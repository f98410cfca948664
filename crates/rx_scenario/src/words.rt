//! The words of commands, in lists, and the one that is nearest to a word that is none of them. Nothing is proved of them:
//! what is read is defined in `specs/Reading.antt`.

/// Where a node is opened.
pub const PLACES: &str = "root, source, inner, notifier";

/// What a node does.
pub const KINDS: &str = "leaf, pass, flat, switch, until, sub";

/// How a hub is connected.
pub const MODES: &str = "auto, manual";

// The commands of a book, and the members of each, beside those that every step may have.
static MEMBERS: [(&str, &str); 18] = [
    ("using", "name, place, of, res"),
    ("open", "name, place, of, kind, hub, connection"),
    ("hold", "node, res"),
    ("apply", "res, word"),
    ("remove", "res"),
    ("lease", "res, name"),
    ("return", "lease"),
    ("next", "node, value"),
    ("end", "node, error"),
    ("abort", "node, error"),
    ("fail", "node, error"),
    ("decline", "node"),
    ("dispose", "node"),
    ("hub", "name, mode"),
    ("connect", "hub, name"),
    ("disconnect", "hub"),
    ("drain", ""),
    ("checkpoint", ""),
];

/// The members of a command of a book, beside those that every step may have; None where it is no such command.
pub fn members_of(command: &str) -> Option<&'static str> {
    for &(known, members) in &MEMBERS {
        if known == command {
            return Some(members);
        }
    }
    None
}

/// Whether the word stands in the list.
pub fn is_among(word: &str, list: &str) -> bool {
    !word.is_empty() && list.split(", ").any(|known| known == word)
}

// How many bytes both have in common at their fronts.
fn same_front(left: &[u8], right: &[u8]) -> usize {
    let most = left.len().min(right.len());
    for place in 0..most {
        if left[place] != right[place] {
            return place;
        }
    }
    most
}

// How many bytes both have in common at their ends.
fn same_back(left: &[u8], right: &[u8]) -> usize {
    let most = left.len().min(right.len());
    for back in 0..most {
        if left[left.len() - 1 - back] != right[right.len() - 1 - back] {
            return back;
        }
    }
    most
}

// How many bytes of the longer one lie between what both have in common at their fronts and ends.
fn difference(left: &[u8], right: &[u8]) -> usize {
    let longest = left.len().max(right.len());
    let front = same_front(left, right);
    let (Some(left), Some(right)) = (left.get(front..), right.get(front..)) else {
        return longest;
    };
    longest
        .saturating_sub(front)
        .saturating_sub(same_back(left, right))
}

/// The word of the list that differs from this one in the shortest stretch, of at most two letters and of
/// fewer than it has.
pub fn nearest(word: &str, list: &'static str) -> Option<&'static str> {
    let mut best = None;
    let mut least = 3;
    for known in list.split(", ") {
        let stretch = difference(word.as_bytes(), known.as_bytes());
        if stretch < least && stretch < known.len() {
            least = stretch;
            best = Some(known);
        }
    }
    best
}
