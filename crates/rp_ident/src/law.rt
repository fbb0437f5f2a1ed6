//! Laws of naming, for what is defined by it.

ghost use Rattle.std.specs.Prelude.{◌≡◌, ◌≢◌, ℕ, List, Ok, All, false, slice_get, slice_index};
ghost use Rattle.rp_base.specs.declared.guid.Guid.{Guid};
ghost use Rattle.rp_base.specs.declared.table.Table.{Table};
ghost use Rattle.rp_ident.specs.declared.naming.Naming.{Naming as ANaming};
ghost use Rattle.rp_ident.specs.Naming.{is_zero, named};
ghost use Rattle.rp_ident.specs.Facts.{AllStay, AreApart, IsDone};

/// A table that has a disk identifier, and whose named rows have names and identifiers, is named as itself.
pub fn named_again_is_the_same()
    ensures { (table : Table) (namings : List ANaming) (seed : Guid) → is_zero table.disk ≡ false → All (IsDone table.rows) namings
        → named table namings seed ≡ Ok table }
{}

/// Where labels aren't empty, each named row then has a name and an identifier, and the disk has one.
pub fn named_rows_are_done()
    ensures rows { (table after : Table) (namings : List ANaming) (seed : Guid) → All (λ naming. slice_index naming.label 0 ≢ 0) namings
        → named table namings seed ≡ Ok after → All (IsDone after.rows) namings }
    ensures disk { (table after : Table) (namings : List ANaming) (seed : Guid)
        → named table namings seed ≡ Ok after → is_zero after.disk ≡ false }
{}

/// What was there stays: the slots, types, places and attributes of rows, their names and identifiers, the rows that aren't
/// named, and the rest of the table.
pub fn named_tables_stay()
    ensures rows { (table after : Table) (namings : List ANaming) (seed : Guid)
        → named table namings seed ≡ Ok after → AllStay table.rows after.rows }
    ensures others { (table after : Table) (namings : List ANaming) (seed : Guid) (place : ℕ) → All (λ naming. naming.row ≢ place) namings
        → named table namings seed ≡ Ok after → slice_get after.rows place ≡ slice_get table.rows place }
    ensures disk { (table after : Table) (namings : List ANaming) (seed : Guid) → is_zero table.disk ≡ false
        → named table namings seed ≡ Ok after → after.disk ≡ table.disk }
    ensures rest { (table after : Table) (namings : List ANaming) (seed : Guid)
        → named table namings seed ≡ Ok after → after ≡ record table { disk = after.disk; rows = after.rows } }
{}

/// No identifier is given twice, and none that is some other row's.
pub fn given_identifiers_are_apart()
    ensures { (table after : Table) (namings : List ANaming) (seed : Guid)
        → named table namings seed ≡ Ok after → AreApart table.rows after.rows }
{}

**********

### PROMPT:
Look through the material above for the word "those" and copy every line that has it.

### SOLUTION TO THE EXERCISE:
// The commands of a book, and the members of each, beside those that every step may have.
/// The members of a command of a book, beside those that every step may have; None where it is no such command.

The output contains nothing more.